Krsna pose la mano sulla fronte di Surdas e quest’ultimo si immerse nel Divino. Nessuno può sapere quando Dio darà la Sua benedizione. Dovete considerare ogni cosa come Suo dono e accettarla con piacere.

(Swami narra la storia di quel re che si tagliò un dito. Il suo ministro gli disse: "È per il vostro bene!" Il re si adirò e ordinò che il ministro fosse incarcerato. Questi accettò con un sorriso, dicendo: "Anche ciò è per il mio bene". Più tardi, quanto affermato dal ministro si rivelò esatto, perché, mentre il re si trovava da solo in un bosco per cacciare, fu catturato da una tribù per essere sacrificato.
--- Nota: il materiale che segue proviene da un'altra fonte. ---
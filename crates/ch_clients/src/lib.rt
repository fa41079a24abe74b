//! The clients of one worker, at any desk.
//!
//! A client speaks HTTP first, by one exchange, and after a handshake WebSocket, by a live socket. Frames are
//! handed to the clients by number, each client has its turn, and those whose connection ended leave: the
//! losses of their sessions are made by later visits. Contracts see who the clients are and what each of
//! their links tells, with no type of link in it, and say who stays, who leaves and who is dropped by the
//! course of each turn (`Turned` of `specs/`).
#![tactic(auto)]

mod answer;
mod client;
mod clients;
mod connected;
mod copies;
mod leaving;
mod limits;
mod lists;
mod next;
mod room;
mod server;
mod upgrade;

pub use answer::WorkerTurn;
pub use clients::Clients;
pub use limits::MOST_CLIENTS;
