ghost use Rattle.std.specs.Prelude.{◌≡◌, ◌<◌, ◌++◌, ◌∷◌, List, [], length, IfOk, All};
ghost use Rattle.ch_clients.specs.declared.limits.TheConstants.{MOST_CLIENTS};
ghost use Rattle.ch_clients.specs.Leaving.{IsLeft, Left, LosesEach, part_of_left, still_there};
ghost use Rattle.ch_clients.specs.Passes.{HasTurn};
ghost use Rattle.ch_desk.specs.Views.{IsDeskOf};
ghost use Rattle.ch_history.specs.Limits.{IsMoment};
ghost use Rattle.ch_live.specs.Peers.{IsPeerOver};

use crate::answer::WorkerTurn;
use crate::limits::MOST_CLIENTS;
use crate::next::Next;
use crate::room::insert_reserved;
use crate::server::Server;
use ch_base::Memory;
use ch_desk::Desk;
use ch_live::Live;
use std::alloc::Global;
use std::marker::Model;

/// The live sockets that ended and owe losses to the shards, with all the room that there will be.
#[derive(Drop)]
pub(crate) struct Leaving<W> {
    rows: Vec<Live<W>>,
}

impl<W> Model for Leaving<W> {
    ghost use Rattle.std.specs.Prelude.{◌≤◌, List, map, vec_capacity};
    ghost use Rattle.ch_clients.specs.declared.limits.TheConstants.{MOST_CLIENTS};
    ghost use Rattle.ch_live.specs.declared.peer.Peer.{Peer};

    ghost Value = { List Peer };

    ghost view = { λ l. map (λ x. x.peer) l.rows.items };

    ghost invariant = { λ l. MOST_CLIENTS ≤ vec_capacity l.rows };
}

impl<W: Drop> Leaving<W> {
    /// Room for `MOST_CLIENTS` of them, of which none is there.
    pub(crate) fn new(alloc: Global) -> Result<Leaving<W>, Memory>
        ensures { IfOk result (λ l. l ≡ []) }
    {
        Ok(Leaving {
            rows: Vec::with_capacity(alloc, MOST_CLIENTS)?,
        })
    }

    /// How many leave.
    pub(crate) fn len(&self) -> usize
        ensures { result ≡ length self.now }
    {
        self.rows.len()
    }

    /// One more leaves. There is room for it.
    pub(crate) fn add(&mut self, live: Live<W>)
        requires { length self.old < MOST_CLIENTS }
        ensures { self.new ≡ self.old ++ live.peer ∷ [] }
    {
        let at = self.rows.len();
        insert_reserved(&mut self.rows, at, live);
    }

    /// Makes the losses of each, in order. Those whose losses are all made are gone.
    pub(crate) fn lose<R, D: Desk<R>>(
        &mut self,
        rt: &R,
        desk: &mut D,
        server: &Server,
        now: u64,
    ) -> WorkerTurn
        requires now { IsMoment now }
        requires desk { IsDeskOf server.now.config (D.view desk.old) }
        requires over { All (IsPeerOver server.now.config) self.old }
        ensures visits { (lefts : List Left)
            × LosesEach now lefts self.old self.new (D.view desk.old) (D.view desk.new) result }
        ensures over { All (IsPeerOver server.now.config) self.new }
        ensures shards { IsDeskOf server.now.config (D.view desk.new) }
    {
        let mut part = WorkerTurn::Idle;
        let mut place = 0;
        while place < self.len() {
            let next = self.lose_at(rt, desk, server, place, now);
            part = part.and(next.part);
            place = next.place;
        }
        part
    }

    /// Makes the losses of the one at a place, who is gone then, unless there was no memory for all.
    fn lose_at<R, D: Desk<R>>(
        &mut self,
        rt: &R,
        desk: &mut D,
        server: &Server,
        place: usize,
        now: u64,
    ) -> Next
        requires place { place < length self.old }
        requires now { IsMoment now }
        requires desk { IsDeskOf server.now.config (D.view desk.old) }
        requires over { All (IsPeerOver server.now.config) self.old }
        ensures visit { (left : Left)
            × HasTurn (IsLeft now) still_there part_of_left place self.old self.new
            (D.view desk.old) (D.view desk.new) left result }
        ensures over { All (IsPeerOver server.now.config) self.new }
        ensures shards { IsDeskOf server.now.config (D.view desk.new) }
    {
        match self.rows[place].lose(rt, desk, now) {
            Ok(()) => {
                let_go(self.rows.remove(place));
                Next {
                    part: WorkerTurn::Moved,
                    place,
                }
            }
            Err(Memory) => Next {
                part: WorkerTurn::Memory,
                place: place + 1,
            },
        }
    }
}

/// Drops one whose losses are all made.
fn let_go<W: Drop>(_live: Live<W>) {}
Non trovandosi in perfette condizioni fisiche a causa del dito parzialmente mutilato, gli fu risparmiata la vita. In seguito il ministro disse che, se non si fosse trovato in prigione, avrebbe accompagnato il re a caccia e sarebbe stato sacrificato al suo posto).

Tutto ciò che Dio fa è per il vostro bene.

Egli è privo di ego. Perché andare in cerca di frutti quando avete nel vostro giardino l’albero dei desideri?

Puri pensieri d’amore dovrebbero fluire da voi a Dio; allora l’Amore di Dio fluirà verso di voi. Quando imbucate una lettera raccomandata, la prova che essa è pervenuta al destinatario è la ricevuta di ritorno. La prova della sincerità del vostro amore per Dio è la Sua grazia.

Dovete attendere pazientemente, con il desiderio intenso della Sua grazia, cantando incessantemente il Suo Nome; percepirete sicuramente la forma di Dio manifestarSi davanti a voi.



Baba conclude il Discorso con il bhajan:



Hare Rama, Hare Rama, Hare Rama, Hare Hare! Hare Krsna, Hare Krsna, Hare Krsna, Hare Hare.